→ Exercise aim
Transcribe only part of the material below: the lines from the one containing "frame = frame.lead(start, false);" through the one containing "let start = add_sequence(alloc, builder, options, tokens, end)?;", inclusive, exactly as written.

→ Data for review
****************************************

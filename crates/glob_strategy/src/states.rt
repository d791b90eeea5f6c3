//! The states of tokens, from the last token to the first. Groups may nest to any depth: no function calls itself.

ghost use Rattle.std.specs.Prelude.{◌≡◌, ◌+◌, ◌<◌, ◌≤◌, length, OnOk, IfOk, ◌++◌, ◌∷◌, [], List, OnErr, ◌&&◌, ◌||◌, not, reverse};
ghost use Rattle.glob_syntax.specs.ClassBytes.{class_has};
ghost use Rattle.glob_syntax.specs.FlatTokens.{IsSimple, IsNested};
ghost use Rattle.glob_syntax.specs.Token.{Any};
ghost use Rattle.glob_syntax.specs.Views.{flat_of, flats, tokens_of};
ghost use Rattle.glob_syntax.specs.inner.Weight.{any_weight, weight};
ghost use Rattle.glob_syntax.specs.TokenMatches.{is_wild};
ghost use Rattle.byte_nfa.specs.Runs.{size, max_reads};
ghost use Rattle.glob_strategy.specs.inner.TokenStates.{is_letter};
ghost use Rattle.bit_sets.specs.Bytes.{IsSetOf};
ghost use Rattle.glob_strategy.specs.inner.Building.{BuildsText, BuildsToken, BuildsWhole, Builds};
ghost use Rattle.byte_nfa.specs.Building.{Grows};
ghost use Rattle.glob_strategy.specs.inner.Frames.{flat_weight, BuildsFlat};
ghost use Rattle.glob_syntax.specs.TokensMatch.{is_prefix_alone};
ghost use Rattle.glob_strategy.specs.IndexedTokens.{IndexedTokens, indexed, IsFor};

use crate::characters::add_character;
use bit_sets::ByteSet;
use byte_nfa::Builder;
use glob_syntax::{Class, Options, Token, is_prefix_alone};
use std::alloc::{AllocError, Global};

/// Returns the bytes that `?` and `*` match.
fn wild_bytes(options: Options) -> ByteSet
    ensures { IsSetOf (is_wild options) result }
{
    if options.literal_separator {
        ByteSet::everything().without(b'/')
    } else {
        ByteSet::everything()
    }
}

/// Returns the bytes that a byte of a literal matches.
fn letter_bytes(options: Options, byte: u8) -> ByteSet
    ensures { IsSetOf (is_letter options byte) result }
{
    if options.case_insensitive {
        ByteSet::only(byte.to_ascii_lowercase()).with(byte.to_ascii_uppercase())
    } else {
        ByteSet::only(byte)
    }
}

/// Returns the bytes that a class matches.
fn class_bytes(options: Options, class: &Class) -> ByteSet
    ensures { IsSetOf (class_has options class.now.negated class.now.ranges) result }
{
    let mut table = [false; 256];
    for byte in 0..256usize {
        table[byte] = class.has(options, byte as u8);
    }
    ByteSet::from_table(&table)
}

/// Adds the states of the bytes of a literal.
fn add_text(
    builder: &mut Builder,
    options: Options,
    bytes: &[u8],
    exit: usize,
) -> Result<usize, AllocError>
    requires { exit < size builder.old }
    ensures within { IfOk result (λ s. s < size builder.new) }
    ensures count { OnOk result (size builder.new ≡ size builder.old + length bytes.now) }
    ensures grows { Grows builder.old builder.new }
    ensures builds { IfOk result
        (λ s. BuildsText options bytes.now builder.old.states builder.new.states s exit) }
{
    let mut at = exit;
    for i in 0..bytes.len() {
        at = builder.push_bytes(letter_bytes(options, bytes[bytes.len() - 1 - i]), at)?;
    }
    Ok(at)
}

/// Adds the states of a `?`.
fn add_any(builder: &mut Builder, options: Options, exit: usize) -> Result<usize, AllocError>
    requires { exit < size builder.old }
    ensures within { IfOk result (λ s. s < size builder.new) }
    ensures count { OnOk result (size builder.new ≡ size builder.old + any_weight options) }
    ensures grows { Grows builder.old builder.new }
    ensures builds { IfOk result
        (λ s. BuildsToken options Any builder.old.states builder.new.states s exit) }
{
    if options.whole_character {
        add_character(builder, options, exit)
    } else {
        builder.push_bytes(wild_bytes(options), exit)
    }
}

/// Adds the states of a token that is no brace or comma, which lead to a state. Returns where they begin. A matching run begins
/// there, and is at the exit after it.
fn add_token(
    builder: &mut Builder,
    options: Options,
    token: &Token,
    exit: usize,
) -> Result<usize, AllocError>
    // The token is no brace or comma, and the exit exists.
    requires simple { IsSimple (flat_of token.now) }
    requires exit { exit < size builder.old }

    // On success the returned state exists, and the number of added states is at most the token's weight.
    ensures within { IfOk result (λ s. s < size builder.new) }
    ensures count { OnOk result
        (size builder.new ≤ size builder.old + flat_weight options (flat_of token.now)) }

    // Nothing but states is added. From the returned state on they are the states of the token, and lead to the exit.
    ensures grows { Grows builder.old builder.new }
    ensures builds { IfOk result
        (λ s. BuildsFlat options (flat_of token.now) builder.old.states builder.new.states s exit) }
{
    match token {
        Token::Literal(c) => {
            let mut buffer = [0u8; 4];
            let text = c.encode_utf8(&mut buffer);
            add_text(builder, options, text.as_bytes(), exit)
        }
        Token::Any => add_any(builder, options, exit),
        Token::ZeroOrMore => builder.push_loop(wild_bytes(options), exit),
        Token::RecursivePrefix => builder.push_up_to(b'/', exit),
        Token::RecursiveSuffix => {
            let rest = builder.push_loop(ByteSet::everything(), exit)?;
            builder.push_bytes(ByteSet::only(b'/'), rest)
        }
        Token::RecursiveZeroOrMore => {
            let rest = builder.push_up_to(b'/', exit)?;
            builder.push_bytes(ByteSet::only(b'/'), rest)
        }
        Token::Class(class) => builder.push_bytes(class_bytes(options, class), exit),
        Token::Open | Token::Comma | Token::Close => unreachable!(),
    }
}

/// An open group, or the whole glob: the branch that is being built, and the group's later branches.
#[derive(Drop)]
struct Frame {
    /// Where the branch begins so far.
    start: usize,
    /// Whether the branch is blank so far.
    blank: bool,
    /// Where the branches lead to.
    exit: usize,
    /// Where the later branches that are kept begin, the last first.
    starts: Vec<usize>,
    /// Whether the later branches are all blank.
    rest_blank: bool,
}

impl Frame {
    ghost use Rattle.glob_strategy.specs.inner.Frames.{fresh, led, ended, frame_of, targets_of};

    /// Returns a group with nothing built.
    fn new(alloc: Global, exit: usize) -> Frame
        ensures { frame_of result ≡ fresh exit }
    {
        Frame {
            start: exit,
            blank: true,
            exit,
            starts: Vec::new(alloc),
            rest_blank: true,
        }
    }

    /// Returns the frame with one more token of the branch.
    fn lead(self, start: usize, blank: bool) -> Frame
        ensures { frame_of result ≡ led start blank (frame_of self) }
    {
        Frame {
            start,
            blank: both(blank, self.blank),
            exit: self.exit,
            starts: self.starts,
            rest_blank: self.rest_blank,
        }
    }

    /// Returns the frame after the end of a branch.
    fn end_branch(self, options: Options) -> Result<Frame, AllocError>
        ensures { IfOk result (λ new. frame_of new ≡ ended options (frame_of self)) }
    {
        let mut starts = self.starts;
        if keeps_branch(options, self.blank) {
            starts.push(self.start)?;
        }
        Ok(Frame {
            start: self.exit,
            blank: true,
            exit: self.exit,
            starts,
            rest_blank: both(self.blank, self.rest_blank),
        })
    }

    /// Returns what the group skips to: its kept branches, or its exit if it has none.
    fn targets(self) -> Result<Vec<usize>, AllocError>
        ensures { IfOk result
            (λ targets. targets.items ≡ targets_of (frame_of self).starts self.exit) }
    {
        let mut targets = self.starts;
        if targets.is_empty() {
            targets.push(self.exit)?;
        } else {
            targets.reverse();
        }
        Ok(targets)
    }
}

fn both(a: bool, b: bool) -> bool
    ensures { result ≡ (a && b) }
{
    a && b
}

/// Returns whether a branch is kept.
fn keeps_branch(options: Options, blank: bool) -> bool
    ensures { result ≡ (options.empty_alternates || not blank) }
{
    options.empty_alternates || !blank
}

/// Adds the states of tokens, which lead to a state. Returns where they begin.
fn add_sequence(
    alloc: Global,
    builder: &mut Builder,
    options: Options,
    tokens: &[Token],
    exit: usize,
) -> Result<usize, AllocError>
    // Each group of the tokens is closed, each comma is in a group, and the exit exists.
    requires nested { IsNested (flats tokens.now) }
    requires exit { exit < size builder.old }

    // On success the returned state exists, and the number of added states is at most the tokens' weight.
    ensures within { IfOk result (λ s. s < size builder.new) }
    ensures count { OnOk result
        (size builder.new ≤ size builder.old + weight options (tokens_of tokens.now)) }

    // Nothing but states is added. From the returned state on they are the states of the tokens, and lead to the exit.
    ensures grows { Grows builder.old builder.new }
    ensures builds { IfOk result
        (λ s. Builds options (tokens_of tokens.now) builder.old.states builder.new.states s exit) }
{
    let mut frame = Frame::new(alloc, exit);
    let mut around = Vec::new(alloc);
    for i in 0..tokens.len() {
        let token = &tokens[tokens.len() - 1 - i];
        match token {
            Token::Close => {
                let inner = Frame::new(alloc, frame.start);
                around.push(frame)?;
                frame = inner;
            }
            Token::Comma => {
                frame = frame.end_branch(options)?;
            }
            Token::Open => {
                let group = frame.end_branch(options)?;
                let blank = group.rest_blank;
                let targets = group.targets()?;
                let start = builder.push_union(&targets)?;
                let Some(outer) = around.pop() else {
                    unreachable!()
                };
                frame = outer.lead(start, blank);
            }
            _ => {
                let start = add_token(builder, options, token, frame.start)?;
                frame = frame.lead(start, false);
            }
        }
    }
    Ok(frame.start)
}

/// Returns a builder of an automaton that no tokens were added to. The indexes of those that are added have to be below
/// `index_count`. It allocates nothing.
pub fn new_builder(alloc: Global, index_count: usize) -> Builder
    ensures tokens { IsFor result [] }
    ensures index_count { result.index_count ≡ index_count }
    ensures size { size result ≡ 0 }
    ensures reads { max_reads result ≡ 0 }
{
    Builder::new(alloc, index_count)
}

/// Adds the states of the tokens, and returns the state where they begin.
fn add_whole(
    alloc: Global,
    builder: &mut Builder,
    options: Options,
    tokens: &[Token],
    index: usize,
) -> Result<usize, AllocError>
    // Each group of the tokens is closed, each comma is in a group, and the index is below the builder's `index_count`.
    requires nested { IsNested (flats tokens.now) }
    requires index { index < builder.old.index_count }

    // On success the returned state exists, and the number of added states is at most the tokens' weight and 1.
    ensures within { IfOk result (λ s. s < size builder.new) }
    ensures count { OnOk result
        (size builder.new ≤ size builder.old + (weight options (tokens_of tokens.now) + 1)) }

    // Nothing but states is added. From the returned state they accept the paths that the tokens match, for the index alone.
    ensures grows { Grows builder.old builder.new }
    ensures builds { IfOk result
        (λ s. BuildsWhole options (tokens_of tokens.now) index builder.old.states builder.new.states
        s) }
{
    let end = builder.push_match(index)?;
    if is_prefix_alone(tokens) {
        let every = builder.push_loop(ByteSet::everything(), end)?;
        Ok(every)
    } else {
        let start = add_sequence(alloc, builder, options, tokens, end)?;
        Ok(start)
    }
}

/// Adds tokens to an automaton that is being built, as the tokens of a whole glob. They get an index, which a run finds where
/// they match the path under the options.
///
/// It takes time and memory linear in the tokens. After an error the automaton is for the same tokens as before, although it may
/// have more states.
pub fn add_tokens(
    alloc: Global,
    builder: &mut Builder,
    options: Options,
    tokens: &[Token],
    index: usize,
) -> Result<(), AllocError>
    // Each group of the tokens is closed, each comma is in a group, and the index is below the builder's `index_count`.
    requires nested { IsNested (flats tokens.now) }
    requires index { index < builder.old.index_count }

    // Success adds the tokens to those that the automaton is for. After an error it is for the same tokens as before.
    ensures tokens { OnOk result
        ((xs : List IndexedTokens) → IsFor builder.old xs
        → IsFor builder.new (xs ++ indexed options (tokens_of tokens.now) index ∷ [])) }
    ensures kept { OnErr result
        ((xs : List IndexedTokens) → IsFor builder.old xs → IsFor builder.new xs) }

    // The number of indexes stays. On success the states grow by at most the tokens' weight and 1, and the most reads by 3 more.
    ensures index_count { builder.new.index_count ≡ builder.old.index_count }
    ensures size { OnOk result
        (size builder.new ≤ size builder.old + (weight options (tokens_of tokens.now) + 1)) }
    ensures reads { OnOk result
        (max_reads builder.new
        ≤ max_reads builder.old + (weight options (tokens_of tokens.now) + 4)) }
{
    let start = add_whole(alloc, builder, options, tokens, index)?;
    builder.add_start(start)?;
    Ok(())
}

****************************************

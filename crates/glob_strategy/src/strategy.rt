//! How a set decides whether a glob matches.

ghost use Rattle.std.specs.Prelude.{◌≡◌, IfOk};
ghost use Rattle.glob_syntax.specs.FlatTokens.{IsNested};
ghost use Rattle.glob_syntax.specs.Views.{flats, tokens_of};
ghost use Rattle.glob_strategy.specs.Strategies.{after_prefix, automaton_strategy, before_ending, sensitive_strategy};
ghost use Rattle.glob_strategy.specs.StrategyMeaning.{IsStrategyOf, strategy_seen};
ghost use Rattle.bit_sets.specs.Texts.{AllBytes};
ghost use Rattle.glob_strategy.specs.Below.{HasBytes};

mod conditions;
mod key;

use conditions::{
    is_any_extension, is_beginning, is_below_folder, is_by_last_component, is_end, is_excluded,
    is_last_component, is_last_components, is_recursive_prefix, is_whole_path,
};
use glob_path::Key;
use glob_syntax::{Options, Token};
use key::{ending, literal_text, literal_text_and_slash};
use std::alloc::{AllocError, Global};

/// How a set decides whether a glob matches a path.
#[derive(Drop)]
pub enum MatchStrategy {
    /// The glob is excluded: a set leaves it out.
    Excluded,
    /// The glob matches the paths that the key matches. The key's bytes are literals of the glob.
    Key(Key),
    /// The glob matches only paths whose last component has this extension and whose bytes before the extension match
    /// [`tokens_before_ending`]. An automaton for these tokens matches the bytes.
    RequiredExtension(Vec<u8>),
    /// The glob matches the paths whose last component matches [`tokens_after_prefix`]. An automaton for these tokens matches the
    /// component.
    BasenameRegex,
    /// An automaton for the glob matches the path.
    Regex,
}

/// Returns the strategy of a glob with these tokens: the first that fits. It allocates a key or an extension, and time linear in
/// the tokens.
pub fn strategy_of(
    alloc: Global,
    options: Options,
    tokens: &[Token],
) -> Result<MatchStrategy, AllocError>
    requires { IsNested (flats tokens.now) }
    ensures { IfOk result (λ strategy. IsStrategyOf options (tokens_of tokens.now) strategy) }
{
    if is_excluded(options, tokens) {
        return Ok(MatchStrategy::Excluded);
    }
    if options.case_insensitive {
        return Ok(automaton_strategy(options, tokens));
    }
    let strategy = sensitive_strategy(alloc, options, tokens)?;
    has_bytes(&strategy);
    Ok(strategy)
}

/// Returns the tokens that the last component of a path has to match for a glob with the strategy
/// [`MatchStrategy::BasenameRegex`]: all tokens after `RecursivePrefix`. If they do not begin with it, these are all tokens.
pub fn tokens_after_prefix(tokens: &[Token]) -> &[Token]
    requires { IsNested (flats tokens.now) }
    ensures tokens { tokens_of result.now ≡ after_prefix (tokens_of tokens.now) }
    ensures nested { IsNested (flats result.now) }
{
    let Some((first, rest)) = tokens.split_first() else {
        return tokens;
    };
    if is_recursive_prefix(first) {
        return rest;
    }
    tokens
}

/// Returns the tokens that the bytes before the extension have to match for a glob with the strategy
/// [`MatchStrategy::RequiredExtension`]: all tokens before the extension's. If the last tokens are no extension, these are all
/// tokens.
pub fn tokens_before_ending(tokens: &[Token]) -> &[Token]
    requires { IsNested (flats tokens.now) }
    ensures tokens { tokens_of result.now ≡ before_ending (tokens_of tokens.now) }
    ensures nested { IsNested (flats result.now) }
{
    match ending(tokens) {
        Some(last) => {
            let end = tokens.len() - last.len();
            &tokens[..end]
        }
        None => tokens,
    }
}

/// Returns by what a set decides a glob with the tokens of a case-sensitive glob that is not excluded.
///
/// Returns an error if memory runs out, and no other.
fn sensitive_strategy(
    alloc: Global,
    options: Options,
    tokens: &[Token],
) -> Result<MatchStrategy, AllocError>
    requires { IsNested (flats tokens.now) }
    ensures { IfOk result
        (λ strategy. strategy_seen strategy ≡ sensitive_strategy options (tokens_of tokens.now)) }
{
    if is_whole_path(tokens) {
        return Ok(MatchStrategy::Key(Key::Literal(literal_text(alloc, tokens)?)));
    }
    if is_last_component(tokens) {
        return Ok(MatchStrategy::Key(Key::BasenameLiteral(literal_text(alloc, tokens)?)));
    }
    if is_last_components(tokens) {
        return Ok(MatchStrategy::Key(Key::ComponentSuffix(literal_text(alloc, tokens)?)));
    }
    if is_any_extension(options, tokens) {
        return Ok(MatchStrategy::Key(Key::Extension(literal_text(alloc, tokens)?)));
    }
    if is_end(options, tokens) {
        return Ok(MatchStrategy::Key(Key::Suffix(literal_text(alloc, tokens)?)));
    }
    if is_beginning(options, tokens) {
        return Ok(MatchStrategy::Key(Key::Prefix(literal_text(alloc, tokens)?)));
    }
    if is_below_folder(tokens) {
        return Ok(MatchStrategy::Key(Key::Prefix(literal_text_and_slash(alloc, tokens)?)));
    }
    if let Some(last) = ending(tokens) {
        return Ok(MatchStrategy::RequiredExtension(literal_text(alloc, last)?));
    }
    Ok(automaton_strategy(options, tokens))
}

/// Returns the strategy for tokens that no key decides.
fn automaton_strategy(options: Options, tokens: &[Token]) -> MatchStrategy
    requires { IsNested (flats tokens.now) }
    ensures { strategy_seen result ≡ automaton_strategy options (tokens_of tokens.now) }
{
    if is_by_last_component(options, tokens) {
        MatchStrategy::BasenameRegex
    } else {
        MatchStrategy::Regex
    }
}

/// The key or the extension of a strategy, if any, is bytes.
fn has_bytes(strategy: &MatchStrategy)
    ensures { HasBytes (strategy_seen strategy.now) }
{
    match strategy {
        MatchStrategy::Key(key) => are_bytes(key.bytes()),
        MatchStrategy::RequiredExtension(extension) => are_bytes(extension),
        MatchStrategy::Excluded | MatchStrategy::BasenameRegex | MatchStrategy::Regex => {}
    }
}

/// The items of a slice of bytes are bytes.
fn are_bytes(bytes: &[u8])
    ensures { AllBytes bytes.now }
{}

****************************************

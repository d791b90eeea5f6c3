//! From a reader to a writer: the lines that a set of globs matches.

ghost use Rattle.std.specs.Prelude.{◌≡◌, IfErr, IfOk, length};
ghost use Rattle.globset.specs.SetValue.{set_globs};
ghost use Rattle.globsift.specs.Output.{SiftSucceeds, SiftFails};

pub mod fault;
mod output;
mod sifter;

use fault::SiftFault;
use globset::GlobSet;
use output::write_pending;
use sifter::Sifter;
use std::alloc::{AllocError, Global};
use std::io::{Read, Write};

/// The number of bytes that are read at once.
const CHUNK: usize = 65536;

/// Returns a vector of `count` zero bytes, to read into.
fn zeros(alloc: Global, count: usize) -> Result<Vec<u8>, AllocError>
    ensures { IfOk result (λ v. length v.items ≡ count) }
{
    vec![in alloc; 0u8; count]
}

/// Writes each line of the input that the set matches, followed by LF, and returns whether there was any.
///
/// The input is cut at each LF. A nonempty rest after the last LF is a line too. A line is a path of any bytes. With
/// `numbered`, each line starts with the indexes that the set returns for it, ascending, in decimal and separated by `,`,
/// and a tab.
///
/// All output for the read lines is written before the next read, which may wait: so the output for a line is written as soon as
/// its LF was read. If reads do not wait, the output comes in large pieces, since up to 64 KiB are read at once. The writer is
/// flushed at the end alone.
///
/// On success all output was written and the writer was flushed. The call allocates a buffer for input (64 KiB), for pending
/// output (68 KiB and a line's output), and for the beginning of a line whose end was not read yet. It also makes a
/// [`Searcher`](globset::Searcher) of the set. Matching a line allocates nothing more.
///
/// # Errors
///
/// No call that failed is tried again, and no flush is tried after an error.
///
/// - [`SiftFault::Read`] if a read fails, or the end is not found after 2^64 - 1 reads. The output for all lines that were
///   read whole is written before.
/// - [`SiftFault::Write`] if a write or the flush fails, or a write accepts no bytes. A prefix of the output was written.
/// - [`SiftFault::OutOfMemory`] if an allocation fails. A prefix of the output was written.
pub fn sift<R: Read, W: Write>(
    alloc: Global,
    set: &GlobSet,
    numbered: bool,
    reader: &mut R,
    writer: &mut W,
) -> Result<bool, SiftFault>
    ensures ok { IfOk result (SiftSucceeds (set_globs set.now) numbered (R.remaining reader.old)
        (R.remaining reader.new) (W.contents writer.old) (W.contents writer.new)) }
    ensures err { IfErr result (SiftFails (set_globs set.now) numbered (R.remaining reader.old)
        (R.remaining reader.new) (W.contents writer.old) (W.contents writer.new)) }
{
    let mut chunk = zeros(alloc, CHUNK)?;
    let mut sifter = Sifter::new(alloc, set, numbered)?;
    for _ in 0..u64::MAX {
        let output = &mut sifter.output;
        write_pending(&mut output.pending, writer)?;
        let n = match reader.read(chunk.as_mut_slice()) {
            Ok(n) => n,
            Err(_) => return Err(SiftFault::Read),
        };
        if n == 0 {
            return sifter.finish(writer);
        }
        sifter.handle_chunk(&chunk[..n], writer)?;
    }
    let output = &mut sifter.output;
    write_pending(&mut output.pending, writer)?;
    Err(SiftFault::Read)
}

****************************************

→ Problem solution
                frame = frame.lead(start, false);
            }
        }
    }
    Ok(frame.start)
}

/// Returns a builder of an automaton that no tokens were added to. The indexes of those that are added have to be below
/// `index_count`. It allocates nothing.
pub fn new_builder(alloc: Global, index_count: usize) -> Builder
    ensures tokens { IsFor result [] }
    ensures index_count { result.index_count ≡ index_count }
    ensures size { size result ≡ 0 }
    ensures reads { max_reads result ≡ 0 }
{
    Builder::new(alloc, index_count)
}

/// Adds the states of the tokens, and returns the state where they begin.
fn add_whole(
    alloc: Global,
    builder: &mut Builder,
    options: Options,
    tokens: &[Token],
    index: usize,
) -> Result<usize, AllocError>
    // Each group of the tokens is closed, each comma is in a group, and the index is below the builder's `index_count`.
    requires nested { IsNested (flats tokens.now) }
    requires index { index < builder.old.index_count }

    // On success the returned state exists, and the number of added states is at most the tokens' weight and 1.
    ensures within { IfOk result (λ s. s < size builder.new) }
    ensures count { OnOk result
        (size builder.new ≤ size builder.old + (weight options (tokens_of tokens.now) + 1)) }

    // Nothing but states is added. From the returned state they accept the paths that the tokens match, for the index alone.
    ensures grows { Grows builder.old builder.new }
    ensures builds { IfOk result
        (λ s. BuildsWhole options (tokens_of tokens.now) index builder.old.states builder.new.states
        s) }
{
    let end = builder.push_match(index)?;
    if is_prefix_alone(tokens) {
        let every = builder.push_loop(ByteSet::everything(), end)?;
        Ok(every)
    } else {
        let start = add_sequence(alloc, builder, options, tokens, end)?;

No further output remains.